Se a população não se torna receptiva a uma campanha
organizada, o governo não tem apenas o direito, tem a obrigação de adotar
medidas coercitivas – o uso do cinto de segurança enfrentou uma oposição
ferrenha antes de se introjetar nos hábitos dos motoristas.
O direito do
coletivo prepondera, inequivocamente, sobre o direito individual. Somos uma
organização multicultural e mesmo em pleno regime democrático a liberdade
individual não pode, jamais, preponderar. Quando o “EU” tenta se sobrepor ao
“NÓS”, isso não é democracia, é anarquia e resulta numa sociedade anômica onde
o que vige é a “Lei de Gerson”. Quando determinada pessoa, empresa ou
corporação obtém vantagens ou exige direitos de forma indiscriminada, sem se
importar com questões éticas, morais e, muito menos com os direitos dos outros
elementos com os quais convive, está ultrapassando todos os limites.
O exemplo mais impactante, no Brasil, ocorreu durante
o mês de novembro de 1904. O Rio de Janeiro, então capital federal, foi palco
de uma das maiores revoltas urbanas ocorridas no país: a Revolta da Vacina.
Milhares de habitantes protagonizaram nas ruas da cidade violentos conflitos
com a polícia.
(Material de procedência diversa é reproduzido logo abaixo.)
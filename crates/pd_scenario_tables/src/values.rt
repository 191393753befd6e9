//! What a value of a file is, and whether it is what a form asks for.

ghost use Rattle.std.specs.Prelude.{◌≡◌, ◌^◌, ◌<◌, length, map};
ghost use Rattle.std.specs.List.{list_all};
ghost use Rattle.toml.specs.View.{view};
ghost use Rattle.pd_scenario_tables.specs.Values.{whole_of, word_of, truth_of, elements_of, pair_of, natural, small, supply_of};
ghost use Rattle.pd_scenario_tables.specs.Values.{supplies_of, is_pair, is_table, has_type, is_within, is_port_number, is_supply, is_known};
ghost use Rattle.pd_scenario_tables.specs.Values.{in_range, is_named, are_rising, are_supplies, is_supplied, passes};

use crate::fault::ScenarioFault;
use crate::schema::{EventName, Form, Version};
use crate::words::{event_named, revision_of, version_of};
use pd_scenario::{FIRST_MV, Quantity, is_name, mode_of, plug_of, rating_of};
use toml::Value;

/// The most supplies of a port.
const MOST_SUPPLIES: usize = 7;

pub fn whole_of(value: &Value) -> i64
    ensures { result ≡ whole_of (view value.now) }
{
    match value {
        Value::Integer(number) => *number,
        _ => 0,
    }
}

pub fn word_of(value: &Value) -> &str
    ensures { result.now ≡ word_of (view value.now) }
{
    match value {
        Value::String(text) => text.as_str(),
        _ => "",
    }
}

pub fn truth_of(value: &Value) -> bool
    ensures { result ≡ truth_of (view value.now) }
{
    match value {
        Value::Boolean(truth) => *truth,
        _ => false,
    }
}

/// The elements of an array.
pub fn elements_of(value: &Value) -> &[Value]
    ensures { map view result.now ≡ elements_of (view value.now) }
{
    match value {
        Value::Array(items) => items,
        _ => &[],
    }
}

fn pair_of(value: &Value) -> (i64, i64)
    ensures { result ≡ pair_of (view value.now) }
{
    match value {
        Value::Array(items) => match items.as_slice() {
            [first, second] => (whole_of(first), whole_of(second)),
            _ => (0, 0),
        },
        _ => (0, 0),
    }
}

/// The number, or 0 where it is negative.
pub fn natural(number: i64) -> u64
    ensures { result ≡ natural number }
{
    if number < 0 { 0 } else { number as u64 }
}

/// The number, or 0 where it is none of 32 bits.
pub fn small(number: i64) -> u32
    ensures { result ≡ small number }
{
    let size = natural(number);
    if size < 4_294_967_296 { size as u32 } else { 0 }
}

/// The voltage in mV and the current in mA of a supply.
pub fn numbers_of(value: &Value) -> (u32, u32)
    ensures { result ≡ ((supply_of (view value.now)).mv, (supply_of (view value.now)).ma) }
{
    let (mv, ma) = pair_of(value);
    (small(mv), small(ma))
}

fn is_pair(value: &Value) -> bool
    ensures { result ≡ is_pair (view value.now) }
{
    match value {
        Value::Array(items) => match items.as_slice() {
            [first, second] => first.is_integer() && second.is_integer(),
            _ => false,
        },
        _ => false,
    }
}

fn are_pairs(items: &[Value]) -> bool
    ensures { result ≡ list_all (λ v. is_pair (view v)) items.now }
{
    items.iter().all(|item| is_pair(item))
}

pub fn are_tables(items: &[Value]) -> bool
    ensures { result ≡ list_all (λ v. is_table (view v)) items.now }
{
    items.iter().all(|item| item.is_table())
}

pub fn has_type(form: Form, value: &Value) -> bool
    ensures { result ≡ has_type form (view value.now) }
{
    match form {
        Form::Number(_)
        | Form::VersionNumber
        | Form::PortNumber
        | Form::RatingNumber
        | Form::RevisionNumber => value.is_integer(),
        Form::Name | Form::PlugWord | Form::ModeWord | Form::EventWord => value.is_str(),
        Form::Truth => value.is_bool(),
        Form::Supplies => match value {
            Value::Array(items) => are_pairs(items),
            _ => false,
        },
        Form::Tables => match value {
            Value::Array(items) => are_tables(items),
            _ => false,
        },
    }
}

fn is_within(quantity: Quantity, number: i64) -> bool
    ensures { result ≡ is_within quantity number }
{
    let size = natural(number);
    number >= 0 && quantity.allows(size)
}

fn is_port_number(ports: u64, number: i64) -> bool
    ensures { result ≡ is_port_number ports number }
{
    let size = natural(number);
    number >= 0 && 1 <= size && size <= ports
}

fn is_supply(value: &Value) -> bool
    ensures { result ≡ is_supply (view value.now) }
{
    let (mv, ma) = pair_of(value);
    is_within(Quantity::Voltage, mv) && is_within(Quantity::Current, ma)
}

fn all_are_supplies(items: &[Value]) -> bool
    ensures { result ≡ list_all (λ v. is_supply (view v)) items.now }
{
    items.iter().all(|item| is_supply(item))
}

fn is_known(name: EventName) -> bool
    ensures { result ≡ is_known name }
{
    match name {
        EventName::Unknown => false,
        _ => true,
    }
}

pub fn in_range(version: Version, ports: u64, form: Form, value: &Value) -> bool
    ensures { result ≡ in_range version ports form (view value.now) }
{
    match form {
        Form::Number(quantity) => is_within(quantity, whole_of(value)),
        Form::VersionNumber => version_of(whole_of(value)).is_some(),
        Form::PortNumber => is_port_number(ports, whole_of(value)),
        Form::RatingNumber => rating_of(natural(whole_of(value))).is_some(),
        Form::RevisionNumber => revision_of(whole_of(value)).is_some(),
        Form::PlugWord => plug_of(word_of(value).as_bytes()).is_some(),
        Form::ModeWord => mode_of(word_of(value).as_bytes()).is_some(),
        Form::EventWord => is_known(event_named(version, word_of(value))),
        Form::Supplies => all_are_supplies(elements_of(value)),
        Form::Name | Form::Truth | Form::Tables => true,
    }
}

pub fn is_named(form: Form, value: &Value) -> bool
    ensures { result ≡ is_named form (view value.now) }
{
    match form {
        Form::Name => is_name(word_of(value).as_bytes()),
        _ => true,
    }
}

fn are_rising(items: &[Value]) -> bool
    ensures { result ≡ are_rising (map (λ v. supply_of (view v)) items.now) }
{
    let mut rest = items;
    while let [first, second, ..] = rest {
        if numbers_of(second).0 <= numbers_of(first).0 {
            return false;
        }
        rest = &rest[1..];
    }
    true
}

fn are_supplies(items: &[Value]) -> bool
    ensures { result ≡ are_supplies (map (λ v. supply_of (view v)) items.now) }
{
    match items.first() {
        Some(first) => {
            numbers_of(first).0 == FIRST_MV && items.len() <= MOST_SUPPLIES && are_rising(items)
        }
        None => false,
    }
}

fn is_supplied(form: Form, value: &Value) -> bool
    ensures { result ≡ is_supplied form (view value.now) }
{
    match form {
        Form::Supplies => are_supplies(elements_of(value)),
        _ => true,
    }
}

/// Whether a refusal of a single value doesn't apply to one that has to be of a form.
pub fn passes(fault: ScenarioFault, version: Version, ports: u64, form: Form, value: &Value) -> bool
    ensures { result ≡ passes fault version ports form (view value.now) }
{
    match fault {
        ScenarioFault::WrongType => has_type(form, value),
        ScenarioFault::Range => in_range(version, ports, form, value),
        ScenarioFault::Name => is_named(form, value),
        ScenarioFault::Supplies => is_supplied(form, value),
        _ => true,
    }
}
O motivo era uma polêmica medida tomada pelo governo de
Rodrigues Alves que convocou o sanitarista Oswaldo Cruz e impôs um ambicioso
plano de saneamento da cidade.
A febre amarela, a malária, a varíola, a peste
bubônica, o tifo, a tuberculose grassavam . Para proteger a saúde pública o
projeto envolvia controvertidas medidas de controle da população e de seus
hábitos de higiene. Tendo como meta controlar as epidemias organizou-se uma
grande equipe de “mata-mosquitos” e uma declarada guerra aos ratos. No entanto,
a medida profilática que mais revolta provocou foi tornar a vacina obrigatória,
que passou a ser condição “sine qua non” para matrícula em escolas, admissão em
empresas, casamentos e outras atividades. A vida social daquele que se
recusasse tornar-se-ia impossível.
Na época a revolta representou um protesto contra o
propósito de modernização que estava em curso e, a longo prazo redundou na
elevação do padrão de vida da população, principalmente do segmento mais pobre.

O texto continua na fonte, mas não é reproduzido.